TASK PROMPT: Your task is to copy all of the data exactly.

THE DATA:

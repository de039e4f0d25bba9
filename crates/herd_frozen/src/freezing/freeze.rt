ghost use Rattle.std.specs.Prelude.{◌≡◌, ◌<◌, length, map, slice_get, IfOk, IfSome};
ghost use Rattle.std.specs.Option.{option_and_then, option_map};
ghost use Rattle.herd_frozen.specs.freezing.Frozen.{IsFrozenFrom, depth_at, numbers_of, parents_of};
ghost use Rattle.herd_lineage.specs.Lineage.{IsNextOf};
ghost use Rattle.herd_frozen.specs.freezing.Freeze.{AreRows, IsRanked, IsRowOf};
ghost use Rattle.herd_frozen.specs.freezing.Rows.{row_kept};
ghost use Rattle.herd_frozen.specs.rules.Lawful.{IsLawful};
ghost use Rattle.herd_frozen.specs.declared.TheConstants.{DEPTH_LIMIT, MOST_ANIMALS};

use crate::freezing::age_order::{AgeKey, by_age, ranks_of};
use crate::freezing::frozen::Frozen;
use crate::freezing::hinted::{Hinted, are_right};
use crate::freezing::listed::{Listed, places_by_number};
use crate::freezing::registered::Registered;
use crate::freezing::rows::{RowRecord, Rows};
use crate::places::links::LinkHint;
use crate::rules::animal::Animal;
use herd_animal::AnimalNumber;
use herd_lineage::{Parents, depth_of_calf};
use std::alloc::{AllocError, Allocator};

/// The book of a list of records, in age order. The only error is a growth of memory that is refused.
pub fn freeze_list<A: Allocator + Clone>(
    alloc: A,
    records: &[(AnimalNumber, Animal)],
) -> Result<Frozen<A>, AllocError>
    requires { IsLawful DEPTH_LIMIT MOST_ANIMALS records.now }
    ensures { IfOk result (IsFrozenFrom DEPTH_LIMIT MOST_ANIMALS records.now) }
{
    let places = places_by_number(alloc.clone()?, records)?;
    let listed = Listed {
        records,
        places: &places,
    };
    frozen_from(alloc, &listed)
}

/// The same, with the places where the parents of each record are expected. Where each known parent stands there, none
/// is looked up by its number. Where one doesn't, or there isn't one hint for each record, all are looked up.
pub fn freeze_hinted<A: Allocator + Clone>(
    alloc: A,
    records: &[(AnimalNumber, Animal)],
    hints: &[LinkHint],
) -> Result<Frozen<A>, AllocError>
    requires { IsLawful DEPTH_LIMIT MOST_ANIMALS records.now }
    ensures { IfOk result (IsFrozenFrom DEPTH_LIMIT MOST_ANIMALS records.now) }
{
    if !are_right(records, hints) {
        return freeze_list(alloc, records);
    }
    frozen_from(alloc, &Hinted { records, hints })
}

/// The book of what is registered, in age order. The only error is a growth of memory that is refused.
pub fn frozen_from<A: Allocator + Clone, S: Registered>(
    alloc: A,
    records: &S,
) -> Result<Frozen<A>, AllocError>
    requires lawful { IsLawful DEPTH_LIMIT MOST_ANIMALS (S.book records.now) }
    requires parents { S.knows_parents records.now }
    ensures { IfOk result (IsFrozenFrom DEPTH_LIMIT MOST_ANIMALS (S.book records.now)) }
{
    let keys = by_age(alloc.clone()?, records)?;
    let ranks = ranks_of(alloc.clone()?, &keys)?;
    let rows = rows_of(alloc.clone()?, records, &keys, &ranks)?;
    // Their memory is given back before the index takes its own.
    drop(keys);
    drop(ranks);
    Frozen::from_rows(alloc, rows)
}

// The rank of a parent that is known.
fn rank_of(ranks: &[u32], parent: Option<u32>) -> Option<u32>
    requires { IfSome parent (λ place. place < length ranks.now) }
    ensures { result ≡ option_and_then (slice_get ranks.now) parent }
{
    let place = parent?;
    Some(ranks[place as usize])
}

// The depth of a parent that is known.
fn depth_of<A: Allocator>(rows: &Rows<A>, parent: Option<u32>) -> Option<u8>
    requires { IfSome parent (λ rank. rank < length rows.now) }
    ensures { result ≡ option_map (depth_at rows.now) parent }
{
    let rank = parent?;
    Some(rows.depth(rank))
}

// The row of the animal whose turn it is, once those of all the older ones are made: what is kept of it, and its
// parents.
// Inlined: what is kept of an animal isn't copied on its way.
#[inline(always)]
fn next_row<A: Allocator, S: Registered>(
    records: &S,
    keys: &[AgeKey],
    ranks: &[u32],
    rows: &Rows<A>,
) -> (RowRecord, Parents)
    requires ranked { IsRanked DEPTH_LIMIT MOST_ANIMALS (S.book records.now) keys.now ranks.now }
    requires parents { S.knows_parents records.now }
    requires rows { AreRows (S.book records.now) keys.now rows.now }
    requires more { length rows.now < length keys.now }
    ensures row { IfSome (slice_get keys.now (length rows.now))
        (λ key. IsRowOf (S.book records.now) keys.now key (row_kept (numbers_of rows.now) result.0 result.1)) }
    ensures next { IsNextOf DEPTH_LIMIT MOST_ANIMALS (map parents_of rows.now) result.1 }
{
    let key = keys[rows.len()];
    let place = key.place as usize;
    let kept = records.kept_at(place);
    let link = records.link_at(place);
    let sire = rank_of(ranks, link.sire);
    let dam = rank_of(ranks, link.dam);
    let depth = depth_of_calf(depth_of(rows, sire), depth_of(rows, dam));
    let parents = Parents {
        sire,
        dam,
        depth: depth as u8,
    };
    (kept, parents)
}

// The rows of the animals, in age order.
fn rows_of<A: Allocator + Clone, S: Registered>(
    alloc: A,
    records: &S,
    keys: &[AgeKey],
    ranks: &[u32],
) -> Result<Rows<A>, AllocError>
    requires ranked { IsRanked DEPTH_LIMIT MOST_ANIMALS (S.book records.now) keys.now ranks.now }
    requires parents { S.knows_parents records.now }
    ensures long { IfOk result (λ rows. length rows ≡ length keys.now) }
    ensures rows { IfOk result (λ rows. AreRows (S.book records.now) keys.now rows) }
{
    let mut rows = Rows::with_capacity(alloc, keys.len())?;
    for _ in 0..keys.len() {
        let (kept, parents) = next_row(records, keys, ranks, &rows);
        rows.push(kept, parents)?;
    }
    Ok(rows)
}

RESULT FOR THIS EXERCISE:
repository de039e4f0d25bba9
filename crates/herd_frozen/src/freezing/freeze.rt
ghost use Rattle.std.specs.Prelude.{◌≡◌, ◌<◌, length, map, slice_get, IfOk, IfSome};
ghost use Rattle.std.specs.Option.{option_and_then, option_map};
ghost use Rattle.herd_frozen.specs.freezing.Frozen.{IsFrozenFrom, depth_at, numbers_of, parents_of};
ghost use Rattle.herd_lineage.specs.Lineage.{IsNextOf};
ghost use Rattle.herd_frozen.specs.freezing.Freeze.{AreRows, IsRanked, IsRowOf};
ghost use Rattle.herd_frozen.specs.freezing.Rows.{row_kept};
ghost use Rattle.herd_frozen.specs.rules.Lawful.{IsLawful};
ghost use Rattle.herd_frozen.specs.declared.TheConstants.{DEPTH_LIMIT, MOST_ANIMALS};

use crate::freezing::age_order::{AgeKey, by_age, ranks_of};
use crate::freezing::frozen::Frozen;
use crate::freezing::hinted::{Hinted, are_right};
use crate::freezing::listed::{Listed, places_by_number};
use crate::freezing::registered::Registered;
use crate::freezing::rows::{RowRecord, Rows};
use crate::places::links::LinkHint;
use crate::rules::animal::Animal;
use herd_animal::AnimalNumber;
use herd_lineage::{Parents, depth_of_calf};
use std::alloc::{AllocError, Allocator};

/// The book of a list of records, in age order. The only error is a growth of memory that is refused.
pub fn freeze_list<A: Allocator + Clone>(
    alloc: A,
    records: &[(AnimalNumber, Animal)],
) -> Result<Frozen<A>, AllocError>
    requires { IsLawful DEPTH_LIMIT MOST_ANIMALS records.now }
    ensures { IfOk result (IsFrozenFrom DEPTH_LIMIT MOST_ANIMALS records.now) }
{
    let places = places_by_number(alloc.clone()?, records)?;
    let listed = Listed {
        records,
        places: &places,
    };
    frozen_from(alloc, &listed)
}

/// The same, with the places where the parents of each record are expected. Where each known parent stands there, none
/// is looked up by its number. Where one doesn't, or there isn't one hint for each record, all are looked up.
pub fn freeze_hinted<A: Allocator + Clone>(
    alloc: A,
    records: &[(AnimalNumber, Animal)],
    hints: &[LinkHint],
) -> Result<Frozen<A>, AllocError>
    requires { IsLawful DEPTH_LIMIT MOST_ANIMALS records.now }
    ensures { IfOk result (IsFrozenFrom DEPTH_LIMIT MOST_ANIMALS records.now) }
{
    if !are_right(records, hints) {
        return freeze_list(alloc, records);
    }
    frozen_from(alloc, &Hinted { records, hints })
}

/// The book of what is registered, in age order. The only error is a growth of memory that is refused.
pub fn frozen_from<A: Allocator + Clone, S: Registered>(
    alloc: A,
    records: &S,
) -> Result<Frozen<A>, AllocError>
    requires lawful { IsLawful DEPTH_LIMIT MOST_ANIMALS (S.book records.now) }
    requires parents { S.knows_parents records.now }
    ensures { IfOk result (IsFrozenFrom DEPTH_LIMIT MOST_ANIMALS (S.book records.now)) }
{
    let keys = by_age(alloc.clone()?, records)?;
    let ranks = ranks_of(alloc.clone()?, &keys)?;
    let rows = rows_of(alloc.clone()?, records, &keys, &ranks)?;
    // Their memory is given back before the index takes its own.
    drop(keys);
    drop(ranks);
    Frozen::from_rows(alloc, rows)
}

// The rank of a parent that is known.
fn rank_of(ranks: &[u32], parent: Option<u32>) -> Option<u32>
    requires { IfSome parent (λ place. place < length ranks.now) }
    ensures { result ≡ option_and_then (slice_get ranks.now) parent }
{
    let place = parent?;
    Some(ranks[place as usize])
}

// The depth of a parent that is known.
fn depth_of<A: Allocator>(rows: &Rows<A>, parent: Option<u32>) -> Option<u8>
    requires { IfSome parent (λ rank. rank < length rows.now) }
    ensures { result ≡ option_map (depth_at rows.now) parent }
{
    let rank = parent?;
    Some(rows.depth(rank))
}

// The row of the animal whose turn it is, once those of all the older ones are made: what is kept of it, and its
// parents.
// Inlined: what is kept of an animal isn't copied on its way.
#[inline(always)]
fn next_row<A: Allocator, S: Registered>(
    records: &S,
    keys: &[AgeKey],
    ranks: &[u32],
    rows: &Rows<A>,
) -> (RowRecord, Parents)
    requires ranked { IsRanked DEPTH_LIMIT MOST_ANIMALS (S.book records.now) keys.now ranks.now }
    requires parents { S.knows_parents records.now }
    requires rows { AreRows (S.book records.now) keys.now rows.now }
    requires more { length rows.now < length keys.now }
    ensures row { IfSome (slice_get keys.now (length rows.now))
        (λ key. IsRowOf (S.book records.now) keys.now key (row_kept (numbers_of rows.now) result.0 result.1)) }
    ensures next { IsNextOf DEPTH_LIMIT MOST_ANIMALS (map parents_of rows.now) result.1 }
{
    let key = keys[rows.len()];
    let place = key.place as usize;
    let kept = records.kept_at(place);
    let link = records.link_at(place);
    let sire = rank_of(ranks, link.sire);
    let dam = rank_of(ranks, link.dam);
    let depth = depth_of_calf(depth_of(rows, sire), depth_of(rows, dam));
    let parents = Parents {
        sire,
        dam,
        depth: depth as u8,
    };
    (kept, parents)
}

// The rows of the animals, in age order.
fn rows_of<A: Allocator + Clone, S: Registered>(
    alloc: A,
    records: &S,
    keys: &[AgeKey],
    ranks: &[u32],
) -> Result<Rows<A>, AllocError>
    requires ranked { IsRanked DEPTH_LIMIT MOST_ANIMALS (S.book records.now) keys.now ranks.now }
    requires parents { S.knows_parents records.now }
    ensures long { IfOk result (λ rows. length rows ≡ length keys.now) }
    ensures rows { IfOk result (λ rows. AreRows (S.book records.now) keys.now rows) }
{
    let mut rows = Rows::with_capacity(alloc, keys.len())?;
    for _ in 0..keys.len() {
        let (kept, parents) = next_row(records, keys, ranks, &rows);
        rows.push(kept, parents)?;
    }
    Ok(rows)
}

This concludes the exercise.